# Going on 4th or 5th alternator...enough is enough



## jamesd3rd (Jun 10, 2004)

Ok there's got to be something else going on here. I have a '93 Altima that I bought used in '96. The car has been pretty reliable with one exception. I am constantly replacing the alternator. Over the past 8 years I've had to replace the alternator about 4 times. Now after replacing the thing in November of last year, it looks as if I'm replacing it again. I had the battery replaced last August. The car ran fine until November. While I was driving home from work I noticed all the panel lights going dim and the car eventually died. A mechanic checked the alternator and determined the output was not up to spec. So I had it replaced. So it ran fine until a couple days ago when it would not start. I charged the battery and it ran ok but I watched the clock as I drove yesterday to see if it would go dim after a while. Sure enough after a couple hours of driving the car failed and would not start.
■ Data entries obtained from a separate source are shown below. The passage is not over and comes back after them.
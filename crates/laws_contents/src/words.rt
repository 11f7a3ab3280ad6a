//! The words of a file by the values of its pages: those of a directory, and those of DiskDescriptor.

ghost use Rattle.laws_contents.specs.WordContents.{EachWordHasItsPage, FirstPageSaysMarkAndLast, PageWordsAreASlice, PageWordsGoOn, WordStandsInItsPage, WordsStandInTheirPage};

/// On any pack word w of a file is word w % 256 of the value of data page w / 256, counted from 0.
pub fn word_stands_in_its_page()
    ensures { WordStandsInItsPage }
{}

/// On any pack the page of each word of a file is there, after full ones, and the word counts in it.
pub fn each_word_has_its_page()
    ensures { EachWordHasItsPage }
{}

/// On any pack the counted words of a data page after full ones are the 256 words of the file that begin there, or as many as are left.
pub fn page_words_are_a_slice()
    ensures { PageWordsAreASlice }
{}

/// On any pack the words of full pages and then those of the next one are the first words of the file.
pub fn page_words_go_on()
    ensures { PageWordsGoOn }
{}

/// On any pack words of a file from one on, as many as count from there in its page, are those of the page's value.
pub fn words_stand_in_their_page()
    ensures { WordsStandInTheirPage }
{}

/// On any pack the mark and the last serial stand in the first data page of DiskDescriptor, if it counts 14 bytes.
pub fn first_page_says_mark_and_last()
    ensures { FirstPageSaysMarkAndLast }
{}
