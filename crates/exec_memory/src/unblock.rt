// `unblock`: a block goes back to the zone.
ghost use Rattle.exec_memory.specs.Alone.{IsRefusalOrMemory, IsSameButWorld, MayTake, StaysFormed, TakesAlone};
ghost use Rattle.exec_words.specs.declared.line.Line.TheVariants as line;
ghost use Rattle.session_model.specs.world_model.specs.Levels.{IsAtLevel, level_base};
ghost use Rattle.session_model.specs.world_model.specs.Zones.{given_back};
ghost use Rattle.session_model.specs.world_model.specs.ZoneWords.{zone_in, zone_start};
ghost use Rattle.std.specs.Prelude.{IfErr, None, OnErr, OnOk, ◌≡◌};
ghost use Rattle.zones.specs.Giving.{GivesBack};

use exec_session::{Session, Stop, refused};
use exec_words::{Refusal, done_text};
use junta_levels::base_of;
use std::alloc::Global;
use world_swap::World;
use zones::{NotABlock, free_block};

/// Gives back the block of a world's zone whose first usable word is at the address `at`.
///
/// NotABlock: no used block has this first usable word. The world is as before.
fn free_in(world: &mut World, at: u16) -> Result<(), NotABlock>
    requires { IsAtLevel world.old.level world.old.memory }
    ensures given { OnOk result (GivesBack (level_base world.old.level) at world.old.memory world.new.memory) }
    ensures level { world.new.level ≡ world.old.level }
    ensures no_block { OnErr result (given_back zone_start at (zone_in (level_base world.old.level) world.old.memory) ≡ None) }
    ensures left { OnErr result (world.new ≡ world.old) }
{
    let top = base_of(world.level);
    free_block(world.memory.as_vec().as_mut_slice(), top, at)
}

/// The text of `unblock`: the block whose first usable word is at the address `at` is free, and its words are 0.
///
/// NotABlock: no used block has this first usable word. Memory: none was left for the text, and the line may be done.
pub fn return_block(alloc: Global, session: &mut Session, at: u16) -> Result<Vec<u8>, Stop>
    requires may { MayTake session.old (line.Unblock at) }
    ensures turns { TakesAlone session.old session.new (line.Unblock at) result }
    ensures formed { StaysFormed session.old session.new }
    ensures stops { IfErr result IsRefusalOrMemory }
    ensures alone { IsSameButWorld session.old session.new }
{
    match free_in(&mut session.world, at) {
        Ok(()) => Ok(done_text(alloc)?),
        Err(NotABlock) => refused(Refusal::NotABlock),
    }
}
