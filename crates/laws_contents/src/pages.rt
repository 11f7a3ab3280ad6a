//! Where the pages of a file are, and which of a sector's bytes count.

ghost use Rattle.laws_contents.specs.PageLaws.{CarriedOnceIsInPlace, FormedPagesHave256Words, FullBeforeEachOfAWholePack, FullBeforeTheNext, LabelsCount, NoneBeforeTheFirst, OnceIsByLabels, PageNumbersAreWords, PagesAreTheirCountedBytes};

/// On a pack that carries no page twice whichever sector carries a page is its place.
pub fn carried_once_is_in_place()
    ensures { CarriedOnceIsInPlace }
{}

/// A pack carries no page twice if and only if no two sectors have labels that name one.
pub fn once_is_by_labels()
    ensures { OnceIsByLabels }
{}

/// On any pack the number of a page that has a place is below 65,536.
pub fn page_numbers_are_words()
    ensures { PageNumbersAreWords }
{}

/// On any pack each data page of a file is the counted bytes of its place's value, and is missing if it has no place.
pub fn pages_are_their_counted_bytes()
    ensures { PagesAreTheirCountedBytes }
{}

/// On any pack a data page has at most 512 bytes, and of a value of 256 words as many as its label says.
pub fn labels_count()
    ensures { LabelsCount }
{}

/// If the records of all sectors have as many words as a disk's, the value of each sector that carries a page has 256.
pub fn formed_pages_have_256_words()
    ensures { FormedPagesHave256Words }
{}

/// All data pages before the first one are full.
pub fn none_before_the_first()
    ensures { NoneBeforeTheFirst }
{}

/// If all data pages before a full one are full, so are all before the next.
pub fn full_before_the_next()
    ensures { FullBeforeTheNext }
{}

/// On a whole pack all data pages before one that has a place are full.
pub fn full_before_each_of_a_whole_pack()
    ensures { FullBeforeEachOfAWholePack }
{}
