//! Where a file ends: with a page that isn't full, or because a page is missing.

ghost use Rattle.laws_contents.specs.EndLaws.{EachFileHasItsEnd, LastPageEndsTheFile, MissingPageEndsTheFile, WholeFileEndsInAPage};

/// On any pack a data page after full ones has the last bytes of its file, if it isn't full or no sector carries the page after it.
pub fn last_page_ends_the_file()
    ensures { LastPageEndsTheFile }
{}

/// On any pack a file has the bytes of its full data pages alone, if no sector carries the page after them.
pub fn missing_page_ends_the_file()
    ensures { MissingPageEndsTheFile }
{}

/// On any pack the page that the end of a file's bytes is in comes after full ones; it is missing, or counts the bytes that are left.
pub fn each_file_has_its_end()
    ensures { EachFileHasItsEnd }
{}

/// On a whole pack the page that the end of a living file's bytes is in is there, isn't full, and no page comes after it.
pub fn whole_file_ends_in_a_page()
    ensures { WholeFileEndsInAPage }
{}
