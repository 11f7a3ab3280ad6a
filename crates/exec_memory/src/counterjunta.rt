// `counterjunta`: all levels come back.
ghost use Rattle.exec_memory.specs.Alone.{IsRefusalOrMemory, IsSameButWorld, MayTake, StaysFormed, TakesAlone};
ghost use Rattle.exec_words.specs.declared.line.Line.TheVariants as line;
ghost use Rattle.session_model.specs.world_model.specs.Levels.{IsAtLevel, all_levels, level_base, used_by_levels, zone_below_all};
ghost use Rattle.session_model.specs.world_model.specs.ZoneWords.{zone_in};
ghost use Rattle.std.specs.Prelude.{IfErr, None, OnErr, OnOk, Some, ◌≡◌};
ghost use Rattle.zones.specs.laws_zone.specs.PlaceLaws.{NowHas};

use exec_session::{Session, Stop, refused};
use exec_words::{Refusal, level_text};
use junta_levels::{InUse, counter_junta};
use std::alloc::Global;
use world_swap::{ALL_LEVELS, World};

/// Brings back all levels of a world.
///
/// InUse: a used block has a word at or after the base of level 8. The world is as before.
fn raise(world: &mut World) -> Result<(), InUse>
    requires { IsAtLevel world.old.level world.old.memory }
    ensures level { OnOk result (world.new.level ≡ all_levels) }
    ensures back { OnOk result (NowHas (level_base all_levels) world.old.memory world.new.memory (zone_below_all (zone_in (level_base world.old.level) world.old.memory))) }
    ensures free { OnOk result (used_by_levels (zone_in (level_base world.old.level) world.old.memory) ≡ None) }
    ensures in_use { IfErr result (λ e. used_by_levels (zone_in (level_base world.old.level) world.old.memory) ≡ Some e.at) }
    ensures left { OnErr result (world.new ≡ world.old) }
{
    let level = world.level;
    counter_junta(world.memory.as_vec().as_mut_slice(), level)?;
    world.level = ALL_LEVELS;
    Ok(())
}

/// The text of `counterjunta`: level 8, which the session has now. It is obeyed though a scavenge is needed.
///
/// InUse: a used block stands where a level would, with the address of the first usable word of the lowest. Memory: none was left for the
/// text, and the line may be done.
pub fn restore_levels(alloc: Global, session: &mut Session) -> Result<Vec<u8>, Stop>
    requires may { MayTake session.old line.CounterJunta }
    ensures turns { TakesAlone session.old session.new line.CounterJunta result }
    ensures formed { StaysFormed session.old session.new }
    ensures stops { IfErr result IsRefusalOrMemory }
    ensures alone { IsSameButWorld session.old session.new }
{
    match raise(&mut session.world) {
        Ok(()) => Ok(level_text(alloc, ALL_LEVELS)?),
        Err(InUse { at }) => refused(Refusal::InUse { at }),
    }
}
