//! What a file holds, by the values of its pages.
//!
//! Come here when you have read values of a file's pages and answer its bytes, words, length or leader.
//!
//! The laws that lead from sectors that were read to what a pack means: which of a sector's bytes count, where they stand in a file's
//! bytes and words, where a file ends, and what the files of the model are. They hold on any pack unless they say more; on one that
//! carries no page twice whichever sector carries a page is its place.
//!
//! Data pages are counted from 0 here, as in the definitions: data page k has the number k + 1 in its label.
//!
//! Below it stands laws_record, with those of one record write.
//!
//! A law function is public, has an empty body and one clause, the law; its lemma has the same name, and its statement has it in capitals.
//! To cite a law: `use Rattle.laws_contents.proofs.pages.Laws.{labels_count}`. Lemma files stand in proofs/inside/, where no other crate
//! can name them.
#![tactic(auto)]

pub mod bytes;
pub mod ends;
pub mod model;
pub mod pages;
pub mod words;
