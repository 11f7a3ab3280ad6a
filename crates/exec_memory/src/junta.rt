// `junta`: levels go.
ghost use Rattle.exec_memory.specs.Alone.{IsRefusalOrMemory, IsSameButWorld, MayTake, StaysFormed, TakesAlone};
ghost use Rattle.exec_session.specs.Meant.{kept};
ghost use Rattle.exec_session.specs.Stops.{refused_if};
ghost use Rattle.exec_words.specs.declared.line.Line.TheVariants as line;
ghost use Rattle.session_model.specs.Keeping.{world_of};
ghost use Rattle.session_model.specs.Refusals.{is_any_open};
ghost use Rattle.session_model.specs.world_model.specs.Levels.{IsAtLevel, all_levels, level_base, level_kept, zone_kept};
ghost use Rattle.session_model.specs.world_model.specs.ZoneWords.{zone_in};
ghost use Rattle.std.specs.Prelude.{IfErr, nat_lt, ◌&&◌, ◌≡◌, ◌≤◌};
ghost use Rattle.zones.specs.laws_zone.specs.PlaceLaws.{NowHas};

use exec_session::{Session, Stop, refuse_open_streams};
use exec_words::{Refusal, level_text};
use junta_levels::junta;
use std::alloc::Global;
use world_swap::World;

/// The level of the service that has streams.
const STREAMS_LEVEL: u8 = 6;

/// StreamsOpen: a stream is open, and the level of streams is above `level`.
fn refuse_streams(session: &Session, level: u8) -> Result<(), Stop>
    ensures { result ≡ refused_if (nat_lt level 6 && is_any_open (world_of (kept session.now))) Refusal.StreamsOpen }
{
    if level < STREAMS_LEVEL {
        return refuse_open_streams(session);
    }
    Ok(())
}

/// Removes the levels above `to`, 1 to 8, of a world.
fn lower_to(world: &mut World, to: u8)
    requires at { IsAtLevel world.old.level world.old.memory }
    requires least { 1 ≤ to }
    requires most { to ≤ all_levels }
    ensures level { world.new.level ≡ level_kept world.old.level to }
    ensures joins { NowHas (level_base world.new.level) world.old.memory world.new.memory (zone_kept world.old.level to (zone_in (level_base world.old.level) world.old.memory)) }
{
    let level = world.level;
    world.level = junta(world.memory.as_vec().as_mut_slice(), level, to);
}

/// The text of `junta`: the level that the session has now, the lower of `level`, 1 to 8, and the one that it had. The words of the levels
/// that go join the zone.
///
/// StreamsOpen: a stream is open, and the level of streams would go. Memory: none was left for the text, and the line may be done.
pub fn remove_levels(alloc: Global, session: &mut Session, level: u8) -> Result<Vec<u8>, Stop>
    requires may { MayTake session.old (line.Junta level) }
    ensures turns { TakesAlone session.old session.new (line.Junta level) result }
    ensures formed { StaysFormed session.old session.new }
    ensures stops { IfErr result IsRefusalOrMemory }
    ensures alone { IsSameButWorld session.old session.new }
{
    refuse_streams(session, level)?;
    lower_to(&mut session.world, level);
    Ok(level_text(alloc, session.world.level)?)
}
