// `block`: a block of the zone is taken.
ghost use Rattle.exec_memory.specs.Alone.{IsRefusalOrMemory, IsSameButWorld, MayTake, StaysFormed, TakesAlone};
ghost use Rattle.exec_memory.specs.Block.{refusal_of};
ghost use Rattle.exec_words.specs.declared.line.Line.TheVariants as line;
ghost use Rattle.session_model.specs.world_model.specs.Levels.{IsAtLevel, level_base};
ghost use Rattle.std.specs.Prelude.{IfErr, IfOk, OnErr, ◌≡◌, ◌≤◌};
ghost use Rattle.zones.specs.Taking.{IsNoRoom, Takes};

use exec_session::{Session, Stop, refused};
use exec_words::{Refusal, at_text};
use junta_levels::base_of;
use std::alloc::Global;
use world_swap::World;
use zones::{ZoneError, allocate};

/// Takes a block of `n` usable words, 1 to 65,535, from the zone of a world, and answers the address of the first of them.
///
/// NoRoom: no free block has so many words. The world is as before.
fn allocate_in(world: &mut World, n: u16) -> Result<u16, ZoneError>
    requires at { IsAtLevel world.old.level world.old.memory }
    requires some { 1 ≤ n }
    ensures taken { IfOk result (Takes (level_base world.old.level) n world.old.memory world.new.memory) }
    ensures level { world.new.level ≡ world.old.level }
    ensures no_room { IfErr result (IsNoRoom (level_base world.old.level) n world.old.memory) }
    ensures left { OnErr result (world.new ≡ world.old) }
{
    let top = base_of(world.level);
    allocate(world.memory.as_vec().as_mut_slice(), top, n)
}

/// NoRoom, as the refusal of a line.
fn no_room(error: ZoneError) -> Refusal
    ensures { result ≡ refusal_of error }
{
    match error {
        ZoneError::NoRoom { largest } => Refusal::NoRoom { largest },
    }
}

/// The text of `block`: the address of the first usable word of a new block of so many words, 1 to 65,535, which are 0.
///
/// NoRoom: no free block has so many words, with the most usable ones that one has. Memory: none was left for the text, and the line may be
/// done.
pub fn take_block(alloc: Global, session: &mut Session, words: u16) -> Result<Vec<u8>, Stop>
    requires may { MayTake session.old (line.Block words) }
    ensures turns { TakesAlone session.old session.new (line.Block words) result }
    ensures formed { StaysFormed session.old session.new }
    ensures stops { IfErr result IsRefusalOrMemory }
    ensures alone { IsSameButWorld session.old session.new }
{
    match allocate_in(&mut session.world, words) {
        Ok(at) => Ok(at_text(alloc, u32::from(at))?),
        Err(error) => refused(no_room(error)),
    }
}
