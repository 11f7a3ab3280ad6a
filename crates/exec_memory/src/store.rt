// `store`: a word into the memory.
ghost use Rattle.exec_memory.specs.Alone.{IsRefusalOrMemory, IsSameButWorld, MayTake, StaysFormed, TakesAlone};
ghost use Rattle.exec_words.specs.declared.line.Line.TheVariants as line;
ghost use Rattle.std.specs.Prelude.{IfErr, length, set, ◌<◌, ◌≡◌};

use crate::words::is_storable;
use exec_session::{Session, Stop, refused};
use exec_words::{Refusal, done_text};
use std::alloc::Global;
use world_swap::World;

/// The word at the address `at` is `word` now.
fn set_word(world: &mut World, at: u16, word: u16)
    requires { at < length world.old.memory }
    ensures { world.new ≡ record world.old { memory = set world.old.memory at word } }
{
    world.memory.as_vec()[usize::from(at)] = word;
}

/// The text of `store`: the word at the address `at` is `word` now.
///
/// NotABlock: the word is neither one of the user's, before word 1,024, nor a usable one of a used block. Memory: none was left for the text,
/// and the line may be done.
pub fn store_word(alloc: Global, session: &mut Session, at: u16, word: u16) -> Result<Vec<u8>, Stop>
    requires may { MayTake session.old (line.Store at word) }
    ensures turns { TakesAlone session.old session.new (line.Store at word) result }
    ensures formed { StaysFormed session.old session.new }
    ensures stops { IfErr result IsRefusalOrMemory }
    ensures alone { IsSameButWorld session.old session.new }
{
    if !is_storable(&session.world, at) {
        return refused(Refusal::NotABlock);
    }
    set_word(&mut session.world, at, word);
    Ok(done_text(alloc)?)
}
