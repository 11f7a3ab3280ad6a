//! The bytes of a file by the values of its pages.

ghost use Rattle.laws_contents.specs.ByteContents.{BytesStandInTheirPage, EachByteHasItsPage, PageGoesOn, PageIsASlice, PagesInARowAreASlice};

/// On any pack a data page after full ones is the 512 bytes of the file that begin there, or as many as are left.
pub fn page_is_a_slice()
    ensures { PageIsASlice }
{}

/// On any pack the bytes of full pages and then those of the next one are the first bytes of the file.
pub fn page_goes_on()
    ensures { PageGoesOn }
{}

/// On any pack bytes of a file from an offset on, as many as count from there in its page, are those of the page's value.
pub fn bytes_stand_in_their_page()
    ensures { BytesStandInTheirPage }
{}

/// On any pack the page of each byte of a file is there, after full ones, and the byte counts in it.
pub fn each_byte_has_its_page()
    ensures { EachByteHasItsPage }
{}

/// On any pack the counted bytes of pages in a row, after full ones, are a slice of the file.
pub fn pages_in_a_row_are_a_slice()
    ensures { PagesInARowAreASlice }
{}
I bought the car in June of '96. The first time the alternator was replaced was around fall of '97 the again a couple months later. Then again in July of '98, November of '03 and now. There may have been a replacement between July '98 and Nov '03 but I can't recall.

I can't believe that an alternator would just fail that frequently. During that time I think I've replaced the battery about 2 or 3 times also.

Could there be something alse going on in the electrical system that's contributing to so many battery and alternator replacements??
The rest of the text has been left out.